Football is finally getting the jersey patch card treatment. Fanatics has signed an exclusive, long-term collectibles agreement with FIFA covering trading cards, stickers, and trading card games — starting in 2031 and rolling out under the Topps brand.
The deal spans both physical and digital formats, which tells you everything about where the collectibles market is heading. Anyone who has cracked open a Topps Chrome NBA or NFL box recently already knows what debut patches look like. Now football is next — and with players like Lamine Yamal and Endrick already on senior international duty at 16 and 17, the pipeline for genuine debut patch cards from future stars is already filling up before the ink is dry.
Why the 2034 World Cup changes the collector landscape
The timing is deliberate. The 2026 World Cup still falls under Panini's watch, and 2031 is when Fanatics takes over. That means the 2034 World Cup in Saudi Arabia becomes the launchpad — the first World Cup with Topps-branded packs, debut patches, and whatever digital integration Fanatics builds over the next decade.
For context on scale: the deal also commits Fanatics to distributing over $150 million in free collectibles to youth football programs globally across the partnership's lifetime.
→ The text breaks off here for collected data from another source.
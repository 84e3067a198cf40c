//! Writers of assets (RFC 8949, section 4.2.1): each puts its part at the end of a vector of bytes, in time
//! linear in the bytes that are written. Where memory runs out a part of it may stand there, and none fails where the
//! vector has room.

ghost use Rattle.std.specs.Prelude.{◌≡◌, ◌<◌, ◌≤◌, ◌+◌, ◌++◌, length, map, OnOk, OnErr, vec_capacity};
ghost use Rattle.model.specs.Cbor.{text_of, pairs_of, pairs_text, map_of};
ghost use Rattle.model.specs.Value.{entry_of_token, entry_of_policy, item_of_assets};
ghost use Rattle.value.specs.View.{token_of, policy_of};
ghost use Rattle.cbor.specs.Texts.{Keeps};

use crate::assets::{Policy, Token};
use crate::quantity::Quantity;
use std::alloc::AllocError;

/// The tokens, one after the other, each its name and then its quantity.
fn write_token_list<Q: Quantity>(out: &mut Vec<u8>, tokens: &[Token<Q>]) -> Result<(), AllocError>
    ensures ok { OnOk result (out.new.items ≡
        out.old.items ++ pairs_text (pairs_of (map (entry_of_token Q.item_of) (map token_of tokens.now)))) }
    ensures keeps { Keeps out.old.items out.new.items }
    ensures full { OnErr result (vec_capacity out.old < length out.old.items +
        length (pairs_text (pairs_of (map (entry_of_token Q.item_of) (map token_of tokens.now))))) }
    ensures capacity { vec_capacity out.old ≤ vec_capacity out.new }
{
    for token in tokens {
        cbor::write_byte_string(out, &token.name)?;
        token.quantity.write(out)?;
    }
    Ok(())
}

/// The map of the tokens.
fn write_tokens<Q: Quantity>(out: &mut Vec<u8>, tokens: &[Token<Q>]) -> Result<(), AllocError>
    ensures ok { OnOk result (out.new.items ≡
        out.old.items ++ text_of (map_of (map (entry_of_token Q.item_of) (map token_of tokens.now)))) }
    ensures keeps { Keeps out.old.items out.new.items }
    ensures full { OnErr result (vec_capacity out.old < length out.old.items +
        length (text_of (map_of (map (entry_of_token Q.item_of) (map token_of tokens.now))))) }
    ensures capacity { vec_capacity out.old ≤ vec_capacity out.new }
{
    cbor::write_map(out, tokens.len() as u64)?;
    write_token_list(out, tokens)
}

/// The policies, one after the other, each its hash and then its tokens.
fn write_policy_list<Q: Quantity>(
    out: &mut Vec<u8>,
    policies: &[Policy<Q>],
) -> Result<(), AllocError>
    ensures ok { OnOk result (out.new.items ≡
        out.old.items ++ pairs_text (pairs_of (map (entry_of_policy Q.item_of) (map policy_of policies.now)))) }
    ensures keeps { Keeps out.old.items out.new.items }
    ensures full { OnErr result (vec_capacity out.old < length out.old.items +
        length (pairs_text (pairs_of (map (entry_of_policy Q.item_of) (map policy_of policies.now))))) }
    ensures capacity { vec_capacity out.old ≤ vec_capacity out.new }
{
    for policy in policies {
        cbor::write_byte_string(out, policy.id.as_bytes().as_slice())?;
        write_tokens(out, &policy.tokens)?;
    }
    Ok(())
}

/// The map of the policies.
pub fn write_assets<Q: Quantity>(
    out: &mut Vec<u8>,
    policies: &[Policy<Q>],
) -> Result<(), AllocError>
    ensures ok { OnOk result (out.new.items ≡
        out.old.items ++ text_of (item_of_assets Q.item_of (map policy_of policies.now))) }
    ensures keeps { Keeps out.old.items out.new.items }
    ensures full { OnErr result (vec_capacity out.old < length out.old.items +
        length (text_of (item_of_assets Q.item_of (map policy_of policies.now)))) }
    ensures capacity { vec_capacity out.old ≤ vec_capacity out.new }
{
    cbor::write_map(out, policies.len() as u64)?;
    write_policy_list(out, policies)
}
That's not charity optics — it's market development. Get the next generation of supporters hooked on collecting early, and you own the hobby for decades.
Fanatics Fest NYC kicks things off
The partnership launches publicly at Fanatics Fest NYC, running July 16-19, with the 2026 World Cup Final pre-match press conferences scheduled for July 17 at the Javits Center. Both finalists' coaches and players will attend, and the venue converts into a live watch party for the Final itself two days later.
It's a smart way to tie the new deal to the biggest football event of the year, even if the Topps era is still five years out. The 2026 World Cup belongs to Panini — that's the last chapter of one era. Everything from 2031 onwards is Fanatics' pitch to run.